08 Oct Conscious Breathing can change your Life!
This one step can change your life in ways that are currently impossible to imagine. Honestly, I can’t say enough good things about this breathing technique. I have seen so many people turn their lives around by making Conscious Breathing a part of their daily life.
Two Key Systems
First some important background information. You have an Autonomic Nervous System and it controls all the things that happen automatically: blinking your eyes, the electrical heartbeat, digesting food etc.
Within this Autonomic Nervous System, you have 2 electrical circuits: the Sympathetic Nervous System and the Parasympathetic Nervous System.
When you are under stress, your Sympathetic Nervous System is activated: Blood pressure rises, heart rate speeds up, breathing quickens, the large muscle groups contract, the micro muscles (for example in your gut, the condition of which greatly impacts your mental health and your immune system) contract and your mental focus becomes very narrow and intense.
When the Parasympathetic Nervous System is activated: Blood pressure goes down, heart rate and breathing slow down, the large and small muscle groups relax, the mind ‘opens’ and can think clearly and there is a profound sense of being centered, grounded, calm and clear thinking.
From an emotional and psychological standpoint the ideal is to live from the peaceful Parasympathetic Nervous System and only activate the Sympathetic Nervous System when presented with a stressful moment. After the stress passes, you would then return to the Parasympathetic Nervous System. However, in these highly demanding, emotionally stressed out lives we live, most people are living from the Sympathetic Nervous System all the time. In fact, most are jammed in high gear! Day after day, year after year, hanging on for dear life becomes a way of life.
And what happens to an engine that is run at high-speed 24/7 year after year? Burnout! Mentally, emotionally and physically we are simply not designed to be under so much intense pressure all the time.
Here’s the good news! Right now, you have the ability to unplug from the stressed out Sympathetic Nervous System and plug into the peaceful Parasympathetic Nervous System anytime you want. This is done via Conscious Breathing.
Conscious Breathing is slow, deep, PEACEFUL and relaxed belly breathing. There is nothing is forced about it. It should sound and feel like a wave in slow motion.
Before beginning, first make sure that you do not have any breathing or blood pressure issues.

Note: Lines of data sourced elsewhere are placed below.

//! The text of a comparison.
ghost use Rattle.std.specs.Prelude.{◌≡◌, ◌++◌, ◌∷◌, [], ℕ, IfOk, List, OnOk, filter, flat_map, map, string_bytes};
ghost use Rattle.meter_theory.specs.Labels.{has};
ghost use Rattle.flow_changes.specs.Changes as changes;
ghost use Rattle.flow_changes.specs.Facts.{numbered};
ghost use Rattle.flow_changes.specs.Shown.{kind_shown, shown};

use crate::compare::KindFacts;
use crate::fact::Fact;
use cosem_data::clients::ClientSet;
use cosem_data::memory::Memory;
use flow_map::kind::{Change, Kind};
use flow_map::outline::Outline;
use std::alloc::Global;

/// The names of the clients in a set, each behind a comma.
pub(crate) fn names_of(alloc: Global, plan: &Outline<'_>, set: ClientSet) -> Result<Vec<u8>, Memory>
    ensures { IfOk result (λ names. names.items ≡ flat_map (λ c. 44 ∷ c.1.name)
        (filter (λ c. has set c.0) (numbered plan.now))) }
{
    plan.known();
    let mut names = Vec::new(alloc);
    let mut place = 0;
    while let Some(client) = plan.client(place) {
        if set.has(place) {
            names.push(b',')?;
            names.extend_from_slice(client.name())?;
        }
        place += 1;
    }
    Ok(names)
}

/// The line that tells who gains, by names that stand behind commas.
pub(crate) fn first_line(alloc: Global, names: &[u8]) -> Result<Vec<u8>, Memory>
    ensures { (list : List (List ℕ)) → names.now ≡ flat_map (λ name. 44 ∷ name) list →
        IfOk result (λ line. line.items ≡ changes.first_line list) }
{
    let mut line = Vec::new(alloc);
    line.extend_from_slice(b"gained by ")?;
    line.extend_from_slice(listed(names))?;
    line.push(b'\n')?;
    Ok(line)
}

/// The names without the comma before the first, or nobody.
fn listed(names: &[u8]) -> &[u8]
    ensures { (list : List (List ℕ)) → names.now ≡ flat_map (λ name. 44 ∷ name) list →
        result.now ≡ changes.names_or_nobody list }
{
    match names {
        [] => b"nobody",
        [_, listed @ ..] => listed,
    }
}

/// The lines of these kinds, of each first what is gained and then what is lost.
pub(crate) fn lines_of(alloc: Global, kinds: &[KindFacts<'_>]) -> Result<String, Memory>
    ensures { IfOk result (λ text. string_bytes text ≡ flat_map changes.kind_lines (map kind_shown kinds.now)) }
{
    let mut text = String::new(alloc);
    for told in kinds {
        push_lines(Change::Gained, told.kind, &told.gained, &mut text)?;
        push_lines(Change::Lost, told.kind, &told.lost, &mut text)?;
    }
    Ok(text)
}

/// Puts a line behind a text for each of these facts.
fn push_lines(
    change: Change,
    kind: Kind,
    facts: &[Fact<'_>],
    text: &mut String,
) -> Result<(), Memory>
    ensures { OnOk result (string_bytes text.new
        ≡ string_bytes text.old ++ changes.lines change kind (map shown facts.now)) }
{
    let sign = change.sign();
    let word = kind.word();
    for fact in facts {
        write!(text, "{sign} {word} {fact}\n")?;
    }
    Ok(())
}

If you do, clear this with your doctor first.
Here’s how to do it:
- Do this at a time when you won’t be disturbed. Turn off the electronics.
- This breathing can be done lying down or seated. Make yourself comfortable.
- Close your eyes. Let your shoulders relax.
- First take your attention within and notice what each part of your body is feeling. Feel your mind slowing down and your body relaxing.
- Next, place your hands on your belly. As you slowly inhale, feel your belly rise. This is a slow, gentle inhalation. Feel connected with the surface you’re lying /seated on.
- As you exhale, allow the stress to gently fall away from you, as if a sweater is slipping off your shoulders.
- Don’t try to control your breathing, simply let the breath go. Your body knows what to do.
- After you’ve completed the number of breaths you want, keep your eyes closed and return to your normal breathing.
- Remain like this for a minute or two, then open your eyes.
- You should feel peaceful, centered and calm.
Important: remember to always check with your healthcare practitioner first before making changes such as Conscious Breathing, to your lifestyle.
Consistency is Key
To receive the maximum benefits from this, the key is Consistency. Most people tell me that it’s not the breathing that’s difficult to do, it’s remembering to do it. Here are some tips:
- Set notifications on your phone to remind you.
- Do it in the shower. This is a great tip for parents of young children who rarely get a free moment to themselves!
- Schedule it in with something else you do consistently: having your morning coffee/journaling, taking vitamins, after working out, before meditating, while you’re in the car waiting for it to warm up before driving.
Given that consistency is key when developing a new behavioural pattern, start with small steps to which you can commit. I recommend that you begin by doing Conscious Breathing 3 times day for 1 set of 8 breaths. This daily practice is a powerful way to recalibrate your nervous system back to a place of Balance. After about 2 weeks, if you are feeling comfortable with it, increase it to 2 sets of 8, 3 times a day and from there on make it a part of your lifestyle.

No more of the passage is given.